Para simplificar: não há como criar novos cargos em comissão no Congresso. Seja por razões políticas ou mesmo orçamentárias. Ao mesmo tempo, partidos grandões não são mais tão grandões assim – perderam parlamentares, seja pelo eleitorado ou por força da criação do tal PSD.
Diante disso, PMDB e DEM, para ficar nos exemplos mais gritantes, perderam CCs. E querem mantê-los. Como fazer? Ora, tirando de alguém. Como conseguiram, aparentemente, cooptar o PT, o maior de todos, quem vai dançar é a equipe de minúsculos.
Política? É. Pode ser. Ou não. Bem, quem sabe você mesmo forma a opinião? Um bom começo pode ser entender o que está ocorrendo, a partir de elucidativo material publicado no sítio especializado Congresso em Foco. A reportagem é de Eduardo Militão. A seguir:
“Partidos brigam por cargos comissionados na Câmara…

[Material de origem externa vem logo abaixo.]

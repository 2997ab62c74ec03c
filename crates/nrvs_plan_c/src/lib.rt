//! Plans for C: each call is given C's own struct, in which the request, what was met on the way, and in the end the plan are kept as
//! numbers.
//!
//! A call allocates nothing, and keeps no pointer once it has returned.
#![tactic(auto)]

mod begin;
mod end;
mod exports;
pub mod laws;
mod next;
mod records;
mod see;
mod walk;
mod ways;

pub use records::kept::{Call, Met, Plan, Target, Way, Words};
pub use records::range::Run;
pub use records::told::Reply;
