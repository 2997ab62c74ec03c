//! The ways in which a plan is made: at once, step by step, or over a range.

pub(crate) mod at_once;
pub(crate) mod direct;
pub(crate) mod down;
pub(crate) mod in_steps;
pub(crate) mod range_in;
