/// Begins the plan of a protect.
#[inline(never)]
#[unsafe(no_mangle)]
pub extern "C" fn nrvs_plan_protect(plan: &mut Plan, target: &Target, base: u64, rights: u32) -> u32
    ensures status { result ≡ target_status target.now.levels target.now.phys_bits
        (if nat_lt 7 rights then 7 else begun_status (request_fault (target_of target.now)
        (Request.Protect base (rights_in rights)))) }
    ensures target { result ≡ 32 → target_in plan.new.call ≡ target_of target.now }
    ensures request { result ≡ 32 → request_in plan.new.call
        ≡ Request.Protect base (rights_in rights) }
    ensures begun { result ≡ 32 → HasBegun plan.new }
    ensures refused { result ≢ 32 → plan.new ≡ plan.old }
{
    match call_with(target, 2, base, rights) {
        Ok(call) => begin(plan, call),
        Err(status) => status,
    }
}

/// Begins the plan of a remap.
#[inline(never)]
#[unsafe(no_mangle)]
pub extern "C" fn nrvs_plan_remap(
    plan: &mut Plan,
    target: &Target,
    base: u64,
    physical: u64,
    rights: u32,
) -> u32
    ensures status { result ≡ target_status target.now.levels target.now.phys_bits
        (if nat_lt 7 rights then 7 else begun_status (request_fault (target_of target.now)
        (Request.Remap base physical (rights_in rights)))) }
    ensures target { result ≡ 32 → target_in plan.new.call ≡ target_of target.now }
    ensures request { result ≡ 32 → request_in plan.new.call
        ≡ Request.Remap base physical (rights_in rights) }
    ensures begun { result ≡ 32 → HasBegun plan.new }
    ensures refused { result ≢ 32 → plan.new ≡ plan.old }
{
    match call_with(target, 4, base, rights) {
        Ok(call) => begin(plan, Call { physical, ..call }),
        Err(status) => status,
    }
}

…Uma disputa por cargos em comissão na Câmara coloca em lados opostos os partidos na Casa. Prestes a ser votado, um projeto de resolução remaneja Cargos de Natureza Especial (CNEs) e Funções Comissionadas (FCs) para turbinar as lideranças partidárias e, ao mesmo tempo, evitar que legendas como PMDB e DEM, que perderam deputados, fiquem com menos assessores do que têm hoje. Na verdade, hoje, sem a alteração na regra, os dois partidos já teriam que demitir alguns dos seus assessores. Como não há criação de cargos, para não aumentar despesas, a solução sugerida para salvar esses cargos é prejudicar as quotas dos partidos menores.

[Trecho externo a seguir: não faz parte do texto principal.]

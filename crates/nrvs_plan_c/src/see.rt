//! What comes of the words of a frame that are shown: mostly the plan is changed where it is kept.
ghost use Rattle.std.specs.Prelude.{◌≡◌, ◌≢◌, ◌%◌, ◌<◌, ◌≤◌, [], ℕ, Some, IsTrue, slice_index};
ghost use Rattle.vs_types.specs.Depth.{index_at};
ghost use Rattle.vs_types.specs.declared.addresses.frame.TheConstants.{FRAME_WORDS};
ghost use Rattle.vs_walk.specs.Memory.{Memory};
ghost use Rattle.vs_space.specs.Held.{word_at};
ghost use Rattle.vs_plan.specs.Shown.{IsShown};
ghost use Rattle.vs_plan.specs.Target.{highest_link};
ghost use Rattle.nrvs_plan_c.specs.declared.records.codes.TheConstants.{BRIEF, DESCENT, SEARCH};
ghost use Rattle.nrvs_plan_c.specs.Kept.{IsSound, planner_in, request_in, target_in};
ghost use Rattle.nrvs_plan_c.specs.Next.{IsPlanned};
ghost use Rattle.nrvs_plan_c.specs.inside.End.{IsMade};
ghost use Rattle.nrvs_plan_c.specs.inside.Seen.{IsSeen};

use crate::begin::start;
use crate::end::{End, end_ask, end_map, end_protect, end_remap, end_unmap};
use crate::next::go_on;
use crate::records::codes::{BRIEF, DESCENT};
use crate::records::kept::{Plan, open};
use crate::records::status::{PLANNED, SEE};
use crate::ways::down::go_down;
use vs_plan::{FrameWords, Planner, has_other};
use vs_types::index_at;

/// Takes the words of the frame that is asked for, and reads none of them twice.
pub(crate) fn see_each_once<W: FrameWords + Drop>(plan: &mut Plan, mut words: W) -> u32
    requires sound { IsSound plan.old }
    requires waits { plan.old.way.phase ≤ SEARCH }
    requires unread { (i : ℕ) → i < FRAME_WORDS → W.is_unread words i }
    ensures { IsSeen (W.words words) plan.old plan.new result }
{
    if plan.way.phase <= DESCENT {
        return go_on_down(plan, words);
    }
    search_these(plan, words)
}

/// Goes on along the way.
#[inline(always)]
pub(crate) fn go_on_down<W: FrameWords + Drop>(plan: &mut Plan, mut words: W) -> u32
    requires sound { IsSound plan.old }
    requires descent { plan.old.way.phase ≤ DESCENT }
    requires unread { (i : ℕ) → i < FRAME_WORDS → W.is_unread words i }
    ensures { IsSeen (W.words words) plan.old plan.new result }
{
    let word = words.read(index_at(plan.way.level, plan.call.address));
    if go_down(plan, word) {
        return SEE;
    }
    end_way(plan, words, word)
}

/// Ends the way at this word, which was read: where the plan is kept, by a second way, or by the planner.
#[inline(never)]
fn end_way<W: FrameWords + Drop>(plan: &mut Plan, mut words: W, word: u64) -> u32
    requires sound { IsSound plan.old }
    requires descent { plan.old.way.phase ≤ DESCENT }
    requires read { word ≡ slice_index (W.words words)
        (index_at plan.old.way.level plan.old.call.address) }
    requires unread { (i : ℕ) → i < FRAME_WORDS
        → i ≢ index_at plan.old.way.level plan.old.call.address → W.is_unread words i }
    ensures { IsSeen (W.words words) plan.old plan.new result }
{
    if plan.way.phase == BRIEF {
        return end_brief(plan, words, word);
    }
    if ends_here(plan) {
        end_here(plan, word);
        return PLANNED;
    }
    follow(plan, words, word)
}

/// Whether the word at which the way ends decides alone: that of a page of 4 KiB, whose table stays.
fn ends_here(plan: &Plan) -> bool
    ensures last { IsTrue result → plan.now.way.level ≡ 1 }
    ensures most { IsTrue result → plan.now.call.kind ≤ 4 }
    ensures stays { IsTrue result → plan.now.call.kind ≡ 1
        → highest_link (target_in plan.now.call) ≤ 1 }
{
    if plan.call.kind == 1 && !plan.call.pins_all() {
        return false;
    }
    plan.way.level == 1 && plan.call.kind <= 4
}

/// The end of the way at this word, in a table of level 1.
#[inline(always)]
fn end_of(plan: &Plan, word: u64) -> End
    ensures number { result.number ≡ plan.now.frame }
    ensures index { result.index ≡ index_at 1 plan.now.call.address }
    ensures low { result.index < FRAME_WORDS }
    ensures word { result.word ≡ word }
    ensures allowed { result.allowed ≡ plan.now.way.allowed }
{
    End {
        number: plan.frame,
        index: index_at(1, plan.call.address),
        word,
        allowed: plan.way.allowed,
    }
}

/// Makes the plan where it is kept, by this word of a table of level 1: of all that a page of 4 KiB alone decides.
#[inline(always)]
fn end_here(plan: &mut Plan, word: u64)
    requires sound { IsSound plan.old }
    requires descent { plan.old.way.phase ≤ DESCENT }
    requires last { plan.old.way.level ≡ 1 }
    requires most { plan.old.call.kind ≤ 4 }
    requires stays { plan.old.call.kind ≡ 1 → highest_link (target_in plan.old.call) ≤ 1 }
    ensures call { plan.new.call ≡ plan.old.call }
    ensures made { IsMade plan.new }
    ensures right { (memory : Memory) → IsShown memory (planner_in plan.old)
        → word_at memory plan.old.frame (index_at 1 plan.old.call.address) ≡ Some word
        → IsPlanned (target_in plan.old.call) (request_in plan.old.call) memory plan.new [] }
{
    let call = plan.call;
    let end = end_of(plan, word);
    match call.kind {
        0 => end_map(
            plan,
            end,
            call.address,
            call.physical,
            call.rights,
            call.bits,
        ),
        1 => end_unmap(plan, end, call.address),
        2 => end_protect(plan, end, call.address, call.rights),
        3 => end_ask(plan, end, call.address),
        _ => end_remap(
            plan,
            end,
            call.address,
            call.physical,
            call.phys_bits,
            call.rights,
        ),
    }
}

/// Ends the brief way of an unmap at this word: with its plan, where the page's table has another word, or with a second way.
#[inline(never)]
fn end_brief<W: FrameWords + Drop>(plan: &mut Plan, mut words: W, word: u64) -> u32
    requires sound { IsSound plan.old }
    requires brief { plan.old.way.phase ≡ BRIEF }
    requires read { word ≡ slice_index (W.words words)
        (index_at plan.old.way.level plan.old.call.address) }
    requires unread { (i : ℕ) → i < FRAME_WORDS
        → i ≢ index_at plan.old.way.level plan.old.call.address → W.is_unread words i }
    ensures { IsSeen (W.words words) plan.old plan.new result }
{
    if plan.way.level == 1 && plan.call.kind == 1 {
        let end = end_of(plan, word);
        if stays(&mut words, end) {
            end_unmap(plan, end, plan.call.address);
            return PLANNED;
        }
    }
    start(plan, DESCENT);
    SEE
}

/// Whether the table at the end stays linked, whatever it has in place of this entry: there is no page, or another word.
#[inline(always)]
fn stays<W: FrameWords>(words: &mut W, end: End) -> bool
    requires low { end.index < FRAME_WORDS }
    requires unread { (i : ℕ) → i < FRAME_WORDS → i ≢ end.index → W.is_unread words.old i }
    ensures { IsTrue result → end.word % 2 ≡ 1
        → (i : ℕ) × (i ≢ end.index) × (slice_index (W.words words.old) i ≢ 0) }
{
    !end.is_page() || has_other(words, end.index)
}

/// Takes the words of a frame below the level of a page that is to be mapped.
#[inline(never)]
pub(crate) fn search<W: FrameWords>(plan: &mut Plan, words: &mut W) -> u32
    requires sound { IsSound plan.old }
    requires waits { plan.old.way.phase ≤ SEARCH }
    requires searches { DESCENT < plan.old.way.phase }
    requires unread { (i : ℕ) → i < FRAME_WORDS → W.is_unread words.old i }
    ensures seen { IsSeen (W.words words.old) plan.old plan.new result }
    ensures phase { 1 ≤ plan.new.way.phase }
    ensures level { result ≡ 32 → plan.new.way.level < plan.old.way.level }
{
    search_by(&mut open(plan), plan, words)
}

/// The same, by the planner that is kept.
#[inline(never)]
fn search_by<W: FrameWords>(planner: &mut Planner, plan: &mut Plan, words: &mut W) -> u32
    requires sound { IsSound plan.old }
    requires waits { plan.old.way.phase ≤ SEARCH }
    requires searches { DESCENT < plan.old.way.phase }
    requires planner { planner.old ≡ planner_in plan.old }
    requires target { planner.old.target ≡ target_in plan.old.call }
    requires unread { (i : ℕ) → i < FRAME_WORDS → W.is_unread words.old i }
    ensures seen { IsSeen (W.words words.old) plan.old plan.new result }
    ensures phase { 1 ≤ plan.new.way.phase }
    ensures level { result ≡ 32 → plan.new.way.level < plan.old.way.level }
{
    let step = planner.see(words);
    go_on(plan, planner, &step)
}

/// The same, of words that are handed over.
#[inline(never)]
pub(crate) fn search_these<W: FrameWords + Drop>(plan: &mut Plan, mut words: W) -> u32
    requires sound { IsSound plan.old }
    requires waits { plan.old.way.phase ≤ SEARCH }
    requires searches { DESCENT < plan.old.way.phase }
    requires unread { (i : ℕ) → i < FRAME_WORDS → W.is_unread words i }
    ensures { IsSeen (W.words words) plan.old plan.new result }
{
    search(plan, &mut words)
}

/// Takes the words of the frame that is asked for on the way down, by the word of its entry, which was read, by the planner that is kept.
#[inline(never)]
fn follow<W: FrameWords + Drop>(plan: &mut Plan, mut words: W, word: u64) -> u32
    requires sound { IsSound plan.old }
    requires descent { plan.old.way.phase ≡ DESCENT }
    requires read { word ≡ slice_index (W.words words)
        (index_at plan.old.way.level plan.old.call.address) }
    requires unread { (i : ℕ) → i < FRAME_WORDS
        → i ≢ index_at plan.old.way.level plan.old.call.address → W.is_unread words i }
    ensures { IsSeen (W.words words) plan.old plan.new result }
{
    follow_by(&mut open(plan), plan, &mut words, word)
}

/// The same, by the planner that is kept.
#[inline(never)]
fn follow_by<W: FrameWords>(planner: &mut Planner, plan: &mut Plan, words: &mut W, word: u64) -> u32
    requires sound { IsSound plan.old }
    requires descent { plan.old.way.phase ≡ DESCENT }
    requires planner { planner.old ≡ planner_in plan.old }
    requires target { planner.old.target ≡ target_in plan.old.call }
    requires read { word ≡ slice_index (W.words words.old)
        (index_at plan.old.way.level plan.old.call.address) }
    requires unread { (i : ℕ) → i < FRAME_WORDS
        → i ≢ index_at plan.old.way.level plan.old.call.address → W.is_unread words.old i }
    ensures { IsSeen (W.words words.old) plan.old plan.new result }
{
    let step = planner.follow(word, words);
    go_on(plan, planner, &step)
}
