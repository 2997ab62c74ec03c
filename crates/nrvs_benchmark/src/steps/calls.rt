//! The steps of the calls.
use crate::fault::ProgFault;
use nr_core::{Act, Step};
use std::alloc::Global;

/// The steps of all calls: each thread in turn makes its next call with all its steps. Every second one is a read, before which the
/// replica catches up.
pub fn steps(
    alloc: Global,
    threads: u16,
    replicas: u8,
    requests: u32,
) -> Result<Vec<Step>, ProgFault> {
    let mut steps = Vec::new(alloc);
    for number in 0..requests {
        for thread in 0..threads {
            if number % 2 == 0 {
                add_update(&mut steps, thread, replicas)?;
            } else {
                add_read(&mut steps, thread, replicas)?;
            }
        }
    }
    Ok(steps)
}

/// The steps of an update: the thread is its own combiner, and applies as many entries as there are replicas.
fn add_update(steps: &mut Vec<Step>, thread: u16, replicas: u8) -> Result<(), ProgFault> {
    let home = home(thread, replicas);
    let before = [
        Act::Call,
        Act::Post,
        Act::Take(home),
        Act::Collect(thread),
        Act::Append,
        Act::Advance,
    ];
    add_all(steps, thread, &before)?;
    for _ in 0..replicas {
        add_all(steps, thread, &[Act::Apply])?;
    }
    add_all(
        steps,
        thread,
        &[Act::Answer(thread), Act::Release, Act::Reply],
    )
}

/// The steps of a read, which catches up as an update does.
fn add_read(steps: &mut Vec<Step>, thread: u16, replicas: u8) -> Result<(), ProgFault> {
    let home = home(thread, replicas);
    let before = [Act::Call, Act::Look, Act::Take(home), Act::Advance];
    add_all(steps, thread, &before)?;
    for _ in 0..replicas {
        add_all(steps, thread, &[Act::Apply])?;
    }
    add_all(steps, thread, &[Act::Release, Act::Read, Act::Reply])
}

/// The replica to which a thread belongs.
fn home(thread: u16, replicas: u8) -> u8 {
    (thread % u16::from(replicas.max(1))) as u8
}

fn add_all(steps: &mut Vec<Step>, thread: u16, acts: &[Act]) -> Result<(), ProgFault> {
    for act in acts {
        steps.push(Step { thread, act: *act })?;
    }
    Ok(())
}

Essa é a queda de braço que se trava nos bastidores do Congresso. Na tarde de terça-feira (31), o presidente da Câmara, Marco Maia (PT-RS), e os líderes não chegaram a um acordo que atendesse ao PR e ao PSOL, algumas das legendas que se dizem prejudicadas. O PSDB se mostra satisfeito por manter seu naco de servidores…”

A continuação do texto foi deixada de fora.